Madame MBODJI, entrain de ranger les dernières affaires de la petite Sophie

Aujourd’hui Samuel veut des réponses. Il a demandé une autopsie avant de porter plainte contre le CHM pour homicide involontaire et non-assistance à personne en danger. Une décision aussi motivée par ce qui s'est passé après le décès.

Ils ont renvoyé ma femme toute seule à la maison sans aucun accompagnement psychologique.  Elle était pourtant effondrée. Elle aurait pu se jeter de la barge ou pire encore. Ce traitement est vraiment inhumain.

Le CHM  n'a pas donné suite à nos sollicitations.

Le CHM

Une enquête qui n'avance pas

Quatre mois plus tard aucun élément de réponse n'a été apporté à la famille. Selon le policier l'enquête patine. Samuel a pourtant plusieurs fois sollicité l'hôpital, les enquêteurs et le procureur. Selon lui, la fonctionnaire en charge du dossier se dit débordée.
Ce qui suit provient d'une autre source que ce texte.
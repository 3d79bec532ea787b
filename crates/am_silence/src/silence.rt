//! Silences.

ghost use Rattle.std.specs.Prelude.{◌≡◌, ℕ, List, [], ◌∷◌, ◌++◌, OnOk, IfOk, IfErr};
ghost use Rattle.std.specs.Prelude.{if◌then◌else◌};
ghost use Rattle.am_silence.specs.Silences.{silence};

use crate::comment::FirstComment;
use crate::iter::MatcherIter;
use crate::matchers::Matchers;
use crate::offsets::write_silence;
use crate::sizes::SilenceFields;
use am_version_order::Moment;
use am_wire::reading::{
    LastText, MessageReader, Schema, Submessage, TimestampDraft, moment_in, read_message,
};
use am_wire::{Field, Message, Text, Unknown, WireError, WireType};
use std::alloc::{AllocError, Global};

/// A silence, which mutes the alerts whose labels satisfy all matchers, from `starts_at` until `ends_at`.
#[derive(Drop)]
pub struct Silence {
    pub id: Text,
    pub matchers: Matchers,
    pub starts_at: Moment,
    pub ends_at: Moment,
    pub updated_at: Moment,
    pub created_by: Text,
    pub comment: Text,
}

impl Silence {
    /// Returns the fields of the silence.
    pub(crate) fn fields(&self) -> SilenceFields<'_, MatcherIter<'_>>
        ensures { result ≡ self.now }
    {
        SilenceFields {
            id: self.id.as_str(),
            matchers: self.matchers.iter(),
            starts_at: self.starts_at,
            ends_at: self.ends_at,
            updated_at: self.updated_at,
            created_by: self.created_by.as_str(),
            comment: self.comment.as_str(),
        }
    }

    /// Returns a copy.
    ///
    /// # Errors
    ///
    /// [`AllocError`] if memory runs out.
    pub fn try_clone(&self, alloc: Global) -> Result<Silence, AllocError>
        ensures { IfOk result (λ copy. copy ≡ self.now) }
    {
        Ok(Silence {
            id: self.id.try_clone(alloc)?,
            matchers: self.matchers.try_clone(alloc)?,
            starts_at: self.starts_at,
            ends_at: self.ends_at,
            updated_at: self.updated_at,
            created_by: self.created_by.try_clone(alloc)?,
            comment: self.comment.try_clone(alloc)?,
        })
    }
}

impl SilenceFields<'_, Matchers> {
    /// Copies the fields into a silence with texts of its own.
    ///
    /// # Errors
    ///
    /// [`AllocError`] if memory runs out.
    pub fn copied(self, alloc: Global) -> Result<Silence, AllocError>
        ensures { IfOk result (λ copy. copy ≡ self.entry) }
    {
        let id = Text::copied(alloc, self.id)?;
        let created_by = Text::copied(alloc, self.created_by)?;
        let comment = Text::copied(alloc, self.comment)?;
        let mut matchers = self.matchers;
        matchers.shrink_to_fit();
        Ok(Silence {
            id,
            matchers,
            starts_at: self.starts_at,
            ends_at: self.ends_at,
            updated_at: self.updated_at,
            created_by,
            comment,
        })
    }
}

/// The draft of a silence.
#[derive(Drop)]
pub struct SilenceDraft<'a> {
    alloc: Global,
    id: LastText<'a>,
    matchers: Matchers,
    starts_at: Submessage<TimestampDraft>,
    ends_at: Submessage<TimestampDraft>,
    updated_at: Submessage<TimestampDraft>,
    first_comment: FirstComment<'a>,
    created_by: LastText<'a>,
    comment: LastText<'a>,
}

impl<'a> SilenceDraft<'a> {
    // Returns who made the silence and why; an old comment replaces both.
    fn author_and_comment(&self) -> (&'a str, &'a str)
        ensures author { result.0.now ≡ (if self.now.first_comment.given then self.now.first_comment.author.now
            else self.now.created_by.text.now) }
        ensures comment { result.1.now ≡ (if self.now.first_comment.given then self.now.first_comment.text.now
            else self.now.comment.text.now) }
    {
        if self.first_comment.given {
            (self.first_comment.author, self.first_comment.text)
        } else {
            (self.created_by.text, self.comment.text)
        }
    }
}

impl Schema for SilenceDraft<'_> {
    ghost fitting = { silence.fits };

    fn fits(number: u32, wire_type: WireType) -> bool
        ensures { result ≡ silence.fits number wire_type }
    {
        match number {
            1..=5 | 7..=9 => wire_type == WireType::Bytes,
            _ => true,
        }
    }
}

impl<'a> MessageReader<'a> for SilenceDraft<'a> {
    ghost use Rattle.am_silence.specs.Silences.{silence_value, silence_tests};
    ghost use Rattle.am_silence.specs.Drafts.{IsSilenceDraft};

    type Done = SilenceFields<'a, Matchers>;

    ghost inside = { silence.inside };

    ghost holds = { IsSilenceDraft };

    ghost tests = { silence_tests };

    ghost value = { silence_value };

    fn start(alloc: Global) -> Self {
        SilenceDraft {
            alloc,
            id: LastText::none(),
            matchers: Matchers::none(alloc),
            starts_at: Submessage::none(alloc),
            ends_at: Submessage::none(alloc),
            updated_at: Submessage::none(alloc),
            first_comment: FirstComment::none(),
            created_by: LastText::none(),
            comment: LastText::none(),
        }
    }

    fn take(&mut self, field: Field<'a>) -> Result<(), WireError> {
        match field.number {
            1 => self.id.take(field)?,
            2 => self.matchers.take(self.alloc, field)?,
            3 => self.starts_at.take(field)?,
            4 => self.ends_at.take(field)?,
            5 => self.updated_at.take(field)?,
            7 => self.first_comment.take(self.alloc, field)?,
            8 => self.created_by.take(field)?,
            9 => self.comment.take(field)?,
            _ => {}
        }
        Ok(())
    }

    fn finish(self, alloc: Global, _place: usize) -> Result<Self::Done, WireError> {
        let (created_by, comment) = self.author_and_comment();
        let starts_at = moment_in(alloc, self.starts_at)?;
        let ends_at = moment_in(alloc, self.ends_at)?;
        let updated_at = moment_in(alloc, self.updated_at)?;
        Ok(SilenceFields {
            id: self.id.text,
            matchers: self.matchers,
            starts_at,
            ends_at,
            updated_at,
            created_by,
            comment,
        })
    }
}

impl Message for Silence {
    ghost use Rattle.am_silence.specs.Silences.{IsSilence, reads_silence, writes_silence};
    ghost use Rattle.am_silence.specs.RoundTrip.{silence_again};
    ghost use Rattle.am_wire.specs.RoundTrip.Plain.{plainly_itself};
    ghost use Rattle.std.specs.Prelude.{refl};

    ghost is_value = { IsSilence };

    ghost writes = { writes_silence };

    ghost plain = { λ v. v };

    ghost reads = { λ unknown. reads_silence };

    ghost round_trip = { silence_again };

    ghost dropped = { λ at bytes. plainly_itself (reads_silence at bytes) };

    ghost plain_again = { λ v. refl };

    fn size(&self) -> u64 {
        self.fields().size()
    }

    fn write(&self, out: &mut Vec<u8>) -> Result<(), AllocError> {
        write_silence(out, &self.fields())?;
        Ok(())
    }

    #[tactic(auto, unfolding(crate::specs::Silences::reads_silence))]
    fn decode_at(
        alloc: Global,
        _unknown: Unknown,
        bytes: &[u8],
        at: usize,
    ) -> Result<Silence, WireError> {
        let fields = read_message::<SilenceDraft>(alloc, bytes, at, at)?;
        Ok(fields.copied(alloc)?)
    }
}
Quant à l'hôpital silence radio. Une enquête interne est pourtant systématiquement faite lors d'événements similaires. Les MBODJI craignent qu'on essaye d'étouffer l'affaire. Selon le procureur l'enquête est en cours.

Yann Le Bris, procureur de la République près le tribunal judiciaire de Mamoudzou

Pour Yann le Bris, il s'agit du délai normal de la procédure.  Sachant qu'il faut saisir les dossiers médicaux et entendre toutes les personnes qui sont intervenues dans ce dossier. Ce qui pourrait encore plus ralentir l'enquête est le turn-over au CHM. 

Si certains soignants ont quitté le territoire, il faudra les retrouver et les auditionner là où ils se trouvent

Yann le Bris

Tout ceci démontre bien qu'à Mayotte, même pour un policier le chemin de la justice est long et difficile.